Parallèlement Myriam Schott regrette, le coût des charges de main d’œuvre qui les incite à remettre en cause la pérennité de leur production d’asperges malgré une main d’œuvre compétente et travailleuse. Son mari, rappelle que la production a commencé sur l’exploitation en 1946 à l’initiative de son grand père mais que faute d’une structuration de la filière et de prix inférieurs outre Rhin, ils ne sauront résister. Ils ont donc fait le choix de se spécialiser en production d’oignons pour une filière locale, Arômes d’Alsace.

Les gens du voyage continuent à être un sujet d’inquiétude récurrent. En effet, selon Jean-Marie Schoenel, responsable de l’ESAT Sonnenhof de Bischwiller, les gens du voyage se sont arrêtées quatre fois sur les prairies de l’exploitation, le plus souvent avant la fenaison ou avant les coupes de regain. « Au delà de la parcelle endommagée et des pertes directes, il y a aussi tous les déchets laissés sur les parcelles avoisinantes », regrette t’il. Marcel Boos a quant à lui le sentiment que le médiateur ne joue pas toujours le jeu pour les grands rassemblements et les efforts nécessaires ne sont pas faits pour optimiser l’utilisation de friches plutôt que de terrains agricoles. Par ailleurs, le responsable de l’ESAT, avec 55 laitières de races Montbéliardes et un quota de 400.000 litres de lait s’offusque de la tournure prise par les négociations sur le nouveau programme Directive Nitrates. « Nous faisons déjà beaucoup de choses pour préserver la qualité de nos eaux. L’application voulue pour le cinquième programme est inappropriée à notre région et nos cultures, d’autant que ça ne prend aucunement en compte les mises aux normes récentes et les capacités de stockage actuelles. »

Un futur en demi teinte

Des dossiers restent critiques. Baptiste Dambacher, président cantonal des JA, interpelle le député sur la problématique de consommation du foncier et sur les difficultés d’installation des jeunes dans le secteur. Avec très peu de visibilité sur les prix pour le futur, les jeunes éprouvent des difficultés à trouver de nouveaux débouchés pour assurer un revenu supplémentaire si la génération précédente n’est pas encore en âge de prendre sa retraite. Pour le représentant des jeunes agriculteurs, la consommation du foncier doit se faire de façon plus réfléchie et si possible en utilisant des zones de friches laissées à l’abandon, afin de laisser à l’agriculture le maximum de surface possible. Même si Monsieur Sturni se montre sensible à cette approche, il rappelle la nécessité de « trouver les meilleurs compromis afin d’assurer la durabilité de l’ensemble du territoire. »

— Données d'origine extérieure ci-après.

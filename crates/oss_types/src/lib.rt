//! What names stand for at a place of a program text, the kinds of its expressions, and the rules that these break.
#![tactic(auto)]

mod expressions;
mod finding;
mod globals;
mod locals;
mod operators;
mod scope;
mod table;

pub use expressions::{call, expression, is_named_main, value, value_in};
pub use finding::{
    Finding, at_place, before, first_of, kind_of, kind_of_number, refused, refused_if, taken_by,
    wrong,
};
pub use globals::Globals;
pub use locals::Locals;
pub use operators::{kind_of_binary, kind_of_element};
pub use scope::Scope;
pub use table::NameTable;
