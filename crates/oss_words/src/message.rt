//! Messages between entries: each sets one flag whose condition has come to hold.

/// A flag to be set on an entry. Flags are numbered in the order in which they are delivered at one depth: 0
/// the join of a reduction, 1 done, 2 may be joined, 3 may read, 4 may write, 5 nothing before it. They stand
/// for the places of a table.
#[derive(Clone, Copy, Default)]
pub struct Message {
    /// The entry on which the flag is set.
    pub entry: u32,
    /// The flag's place in the order, 0 to 5.
    pub flag: u8,
}
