//! What is found of an expression, from what was found of its operands.
ghost use Rattle.std.specs.Prelude.{◌≡◌};
ghost use Rattle.oss_grammar.specs.Kinds.{Findings, address_kind, binary_findings, binary_kind, binary_of, element_kind, element_object, has_address, index_findings, index_of, joined_kind, left_wanted, name_findings, name_kind, name_object, name_rules, prefixed, unary_findings, unless, unless_unknown};
ghost use Rattle.oss_grammar.specs.Broken.{first};
ghost use Rattle.oss_types.specs.Seen.{seen};

use crate::finding::{
    Finding, at_place, before, first_of, kind_of, kind_of_number, refused, wrong,
};
use oss_grammar::{Named, Object, ValueKind, Wanted};
use oss_syntax::{BinOp, Refused, RefusedKind, UnOp};

/// A name that stands for this.
pub(crate) fn name(named: Named, line: u32) -> Finding
    ensures { result ≡ seen (name_findings named line) }
{
    Finding {
        line,
        at_first: refusal_of_name(named, line),
        behind: None,
        kind: kind_of_name(named),
        object: object_of_name(named),
    }
}

/// The rule that a name as a value breaks: it is not in scope, or it is a function, which is no value here.
fn refusal_of_name(named: Named, line: u32) -> Option<Refused>
    ensures { result ≡ first (name_rules named line) }
{
    match named {
        Named::Missing => Some(refused(RefusedKind::UnknownName, line)),
        Named::Function => Some(refused(RefusedKind::WrongKind, line)),
        _ => None,
    }
}

/// The kind of a name's value. An array stands for a pointer to its first element (C11 6.3.2.1p3).
fn kind_of_name(named: Named) -> ValueKind
    ensures { result ≡ name_kind named }
{
    match named {
        Named::Missing => ValueKind::Unknown,
        Named::Local(kind) => kind_of(kind),
        Named::Scalar(number) => kind_of_number(number),
        Named::Array(number) => ValueKind::Pointer(number),
        Named::Grid(number) => ValueKind::Rows(number),
        Named::Function => ValueKind::Unknown,
    }
}

/// What a name designates: an array and a function are no targets.
fn object_of_name(named: Named) -> Object
    ensures { result ≡ name_object named }
{
    match named {
        Named::Local(kind) => Object::Variable(kind),
        Named::Scalar(number) => Object::Cell(number),
        _ => Object::ValueOnly,
    }
}

/// The kind of what stands behind a pointer of this kind.
pub fn kind_of_element(kind: ValueKind) -> ValueKind
    ensures { result ≡ element_kind kind }
{
    match kind {
        ValueKind::Pointer(number) => kind_of_number(number),
        ValueKind::Rows(number) => ValueKind::Pointer(number),
        _ => ValueKind::Unknown,
    }
}

/// What stands behind a pointer of this kind: a row of an array of two dimensions is no cell, and so no target.
fn object_of_element(kind: ValueKind) -> Object
    ensures { result ≡ element_object kind }
{
    match kind {
        ValueKind::Pointer(number) => Object::Cell(number),
        _ => Object::ValueOnly,
    }
}

/// `base[index]`
#[tactic(auto, using(crate::proofs::Firsts::firsts))]
pub(crate) fn index(line: u32, base: Finding, index: Finding) -> Finding
    ensures { (a : Findings) → (e : Findings) → base ≡ seen a → index ≡ seen e →
        result ≡ seen (index_findings line a e) }
{
    let base = at_place(Wanted::Indexed, base);
    let index = at_place(Wanted::Number, index);
    Finding {
        line,
        at_first: base.at_first,
        behind: before(base.behind, first_of(index)),
        kind: kind_of_element(base.kind),
        object: object_of_element(base.kind),
    }
}

/// A prefix operator and its operand.
#[tactic(auto, using(crate::proofs::Firsts::firsts))]
pub(crate) fn unary(line: u32, op: UnOp, operand: Finding) -> Finding
    ensures { (e : Findings) → operand ≡ seen e → result ≡ seen (unary_findings line op e) }
{
    match op {
        UnOp::Minus => same_kind(line, at_place(Wanted::Number, operand)),
        UnOp::Plus => same_kind(line, at_place(Wanted::Number, operand)),
        UnOp::Invert => same_kind(line, at_place(Wanted::Number, operand)),
        UnOp::Not => prefix(
            line,
            at_place(Wanted::Number, operand),
            ValueKind::Signed,
            Object::ValueOnly,
        ),
        UnOp::Deref => pointed_to(line, at_place(Wanted::Pointer, operand)),
        UnOp::Address => address(line, operand),
    }
}

/// An expression behind a prefix operator: its first token is the operator, so all that is broken stands behind that.
fn prefix(line: u32, operand: Finding, kind: ValueKind, object: Object) -> Finding
    ensures { (e : Findings) → operand ≡ seen e → result ≡ seen (prefixed line e kind object) }
{
    Finding {
        line,
        at_first: None,
        behind: first_of(operand),
        kind,
        object,
    }
}

/// An operator whose value is of the kind of its operand.
fn same_kind(line: u32, operand: Finding) -> Finding
    ensures { (e : Findings) → operand ≡ seen e → result ≡ seen (prefixed line e e.kind Object.ValueOnly) }
{
    prefix(line, operand, operand.kind, Object::ValueOnly)
}

/// `*p`, which designates the cell to which the pointer points.
fn pointed_to(line: u32, operand: Finding) -> Finding
    ensures { (e : Findings) → operand ≡ seen e → result ≡
        seen (prefixed line e (element_kind e.kind) (element_object e.kind)) }
{
    prefix(
        line,
        operand,
        kind_of_element(operand.kind),
        object_of_element(operand.kind),
    )
}

/// `&e`. Only a cell has an address: a local has no place in the memory that tasks share.
fn address(line: u32, operand: Finding) -> Finding
    ensures { (e : Findings) → operand ≡ seen e → result ≡
        seen (prefixed line (unless (has_address e.kind e.object) e) (address_kind e.kind e.object) Object.ValueOnly) }
{
    let kind = kind_of_address(operand.kind, operand.object);
    if may_have_address(operand.kind, operand.object) {
        prefix(line, operand, kind, Object::ValueOnly)
    } else {
        prefix(line, wrong(operand), kind, Object::ValueOnly)
    }
}

/// The kind of `&e`; unknown where it is refused, so that nothing more is.
fn kind_of_address(kind: ValueKind, object: Object) -> ValueKind
    ensures { result ≡ address_kind kind object }
{
    match (kind, object) {
        (ValueKind::Unknown, _) => ValueKind::Unknown,
        (_, Object::Cell(number)) => ValueKind::Pointer(number),
        _ => ValueKind::Unknown,
    }
}

/// Whether `&` may stand before an expression. One that is refused already is not refused again.
fn may_have_address(kind: ValueKind, object: Object) -> bool
    ensures { result ≡ has_address kind object }
{
    match (kind, object) {
        (ValueKind::Unknown, _) => true,
        (_, Object::Cell(_)) => true,
        _ => false,
    }
}

/// A binary operator and its operands.
#[tactic(auto, using(crate::proofs::Firsts::firsts))]
pub(crate) fn binary(line: u32, op: BinOp, left: Finding, right: Finding) -> Finding
    ensures { (a : Findings) → (b : Findings) → left ≡ seen a → right ≡ seen b →
        result ≡ seen (binary_findings line op a b) }
{
    let left = at_place(wanted_on_the_left(op), left);
    let right = at_place(Wanted::Number, right);
    Finding {
        line,
        at_first: left.at_first,
        behind: before(left.behind, first_of(right)),
        kind: kind_of_binary(op, left.kind, right.kind),
        object: Object::ValueOnly,
    }
}

/// What the left operand may be: a pointer before `+` and `-` alone, by which it moves.
fn wanted_on_the_left(op: BinOp) -> Wanted
    ensures { result ≡ left_wanted op }
{
    match op {
        BinOp::Add => Wanted::NumberOrPointer,
        BinOp::Sub => Wanted::NumberOrPointer,
        _ => Wanted::Number,
    }
}

/// The kind of a binary operator on operands of these kinds.
pub fn kind_of_binary(op: BinOp, left: ValueKind, right: ValueKind) -> ValueKind
    ensures { result ≡ binary_kind op left right }
{
    match op {
        BinOp::OrElse => ValueKind::Signed,
        BinOp::AndAlso => ValueKind::Signed,
        BinOp::Equal => ValueKind::Signed,
        BinOp::Differ => ValueKind::Signed,
        BinOp::Less => ValueKind::Signed,
        BinOp::LessEqual => ValueKind::Signed,
        BinOp::More => ValueKind::Signed,
        BinOp::MoreEqual => ValueKind::Signed,
        BinOp::Left => left,
        BinOp::Right => left,
        _ => kind_of_both(left, right),
    }
}

/// The kind of a value that comes from both operands: a number is unsigned where one of them is (C11 6.3.1.8).
fn kind_of_both(left: ValueKind, right: ValueKind) -> ValueKind
    ensures { result ≡ joined_kind left right }
{
    match left {
        ValueKind::Signed => right,
        ValueKind::Unsigned => unless_it_is_unknown(right, left),
        ValueKind::Pointer(_) => unless_it_is_unknown(right, left),
        ValueKind::Rows(_) => ValueKind::Unknown,
        ValueKind::Nothing => ValueKind::Unknown,
        ValueKind::Unknown => ValueKind::Unknown,
    }
}

/// This kind; unknown where that of the right operand is, so that what breaks a rule breaks no further one.
fn unless_it_is_unknown(right: ValueKind, kind: ValueKind) -> ValueKind
    ensures { result ≡ unless_unknown right kind }
{
    match right {
        ValueKind::Unknown => ValueKind::Unknown,
        _ => kind,
    }
}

« Malgré un budget conforté pour la prochaine programmation de la Pac, même si le DPU moyen en Alsace est en moyenne de 70€ supérieur au DPU moyen français, il reste de nombreuses disparités au sein même de l’Alsace » comme le souligne Marcel Boos. Même si la convergence ne sera que de 70%, contrairement aux 100% initialement prévus, il ne faut pas oublier que les exploitations alsaciennes dont la surface exploitée est plus petite, seront fortement pénalisées.

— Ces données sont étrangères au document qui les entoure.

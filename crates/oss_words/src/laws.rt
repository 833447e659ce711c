//! What each step keeps, whatever table the words stand in, and what the rule gives: laws, each carried by a
//! function that does nothing. A crate above calls the function, and then has the law.

ghost use Rattle.oss_words.specs.Laws.{BeginningsKeep, BegunGivesKeep, DeliveriesKeep, DrawsKeep, FillsKeep, FirstFillsKeep, GivesKeep, HeldIsUnset};
ghost use Rattle.oss_words.specs.Laws.{JoinsKeep, LastLinksKeep, LinksKeep, ReadsKeep};
ghost use Rattle.oss_words.specs.Laws.{RestIsExact, RoomIsBounded, SplitsKeep, ViewsTell, WholeSeatsKnow, WorkIsBounded};
ghost use Rattle.oss_words.specs.Laws.{ChildlessAreUnheaded, LastsAreUnlinked, OwnersKnowChildren, OwnersKnowGives, OwnersKnowLists, UngivenAreUndone};

/// A delivery keeps the rule.
pub fn deliveries_keep()
    ensures { DeliveriesKeep }
{}

/// A give of an entry with no children keeps the rule.
pub fn gives_keep()
    ensures { GivesKeep }
{}

/// The first step of a give of an entry with children keeps the rule.
pub fn begun_gives_keep()
    ensures { BegunGivesKeep }
{}

/// The second step of a give, the link of the last child to the entry, keeps the rule.
pub fn last_links_keep()
    ensures { LastLinksKeep }
{}

/// The link of a new entry behind a sibling or below a parent keeps the rule.
pub fn links_keep()
    ensures { LinksKeep }
{}

/// A fill of a word of an entry that hangs nowhere keeps the rule.
pub fn fills_keep()
    ensures { FillsKeep }
{}

/// The last fill of an entry that begins a list of main's children keeps the rule; by it the entry hangs.
pub fn first_fills_keep()
    ensures { FirstFillsKeep }
{}

/// A read of a word keeps the rule, and what was read still stands later.
pub fn reads_keep()
    ensures { ReadsKeep }
{}

/// A draw of new entries keeps the rule.
pub fn draws_keep()
    ensures { DrawsKeep }
{}

/// A split of the first seat keeps the rule.
pub fn splits_keep()
    ensures { SplitsKeep }
{}

/// A join of one seat to another keeps the rule.
pub fn joins_keep()
    ensures { JoinsKeep }
{}

/// The rule holds at the start.
pub fn beginnings_keep()
    ensures { BeginningsKeep }
{}

/// A seat never holds more than 390 messages.
pub fn room_is_bounded()
    ensures { RoomIsBounded }
{}

/// All seats together never deliver more than six messages for each entry.
pub fn work_is_bounded()
    ensures { WorkIsBounded }
{}

/// The seat with which a net was made knows that the words are at rest where it holds nothing and every seat
/// that was split off has been joined.
pub fn whole_seats_know()
    ensures { WholeSeatsKnow }
{}

/// The views name exactly the links and gives of which the rule speaks.
pub fn views_tell()
    ensures { ViewsTell }
{}

/// At rest each flag stands exactly where its condition holds, over the links and gives that the views name.
pub fn rest_is_exact()
    ensures { RestIsExact }
{}

/// A flag whose message is held does not stand yet.
pub fn held_is_unset()
    ensures { HeldIsUnset }
{}

/// The owner of a parent knows what hangs behind each child.
pub fn owners_know_lists()
    ensures { OwnersKnowLists }
{}

/// The owner of an entry knows whether it has a child.
pub fn owners_know_children()
    ensures { OwnersKnowChildren }
{}

/// The owner of an entry knows whether it is given up.
pub fn owners_know_gives()
    ensures { OwnersKnowGives }
{}

/// The last of a list below an entry that is not given up has no next link.
pub fn lasts_are_unlinked()
    ensures { LastsAreUnlinked }
{}

/// An entry with no first child has no child link.
pub fn childless_are_unheaded()
    ensures { ChildlessAreUnheaded }
{}

/// An entry that is not given up is not done.
pub fn ungiven_are_undone()
    ensures { UngivenAreUndone }
{}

Un autre débat d’actualité inquiète, les agriculteurs alsaciens, se sentent menacés par l’écotaxe qui viendrait taxer plusieurs fois les productions locales mais une seule fois les produits d’importation, pénalisant une fois encore la profession localement.

Le député Sturni, s’est montré sensible aux inquiétudes du monde agricole est souhaite que ces rencontres se prolongent en 2014 et se dit prêt à faire remonter des exemples chiffrés.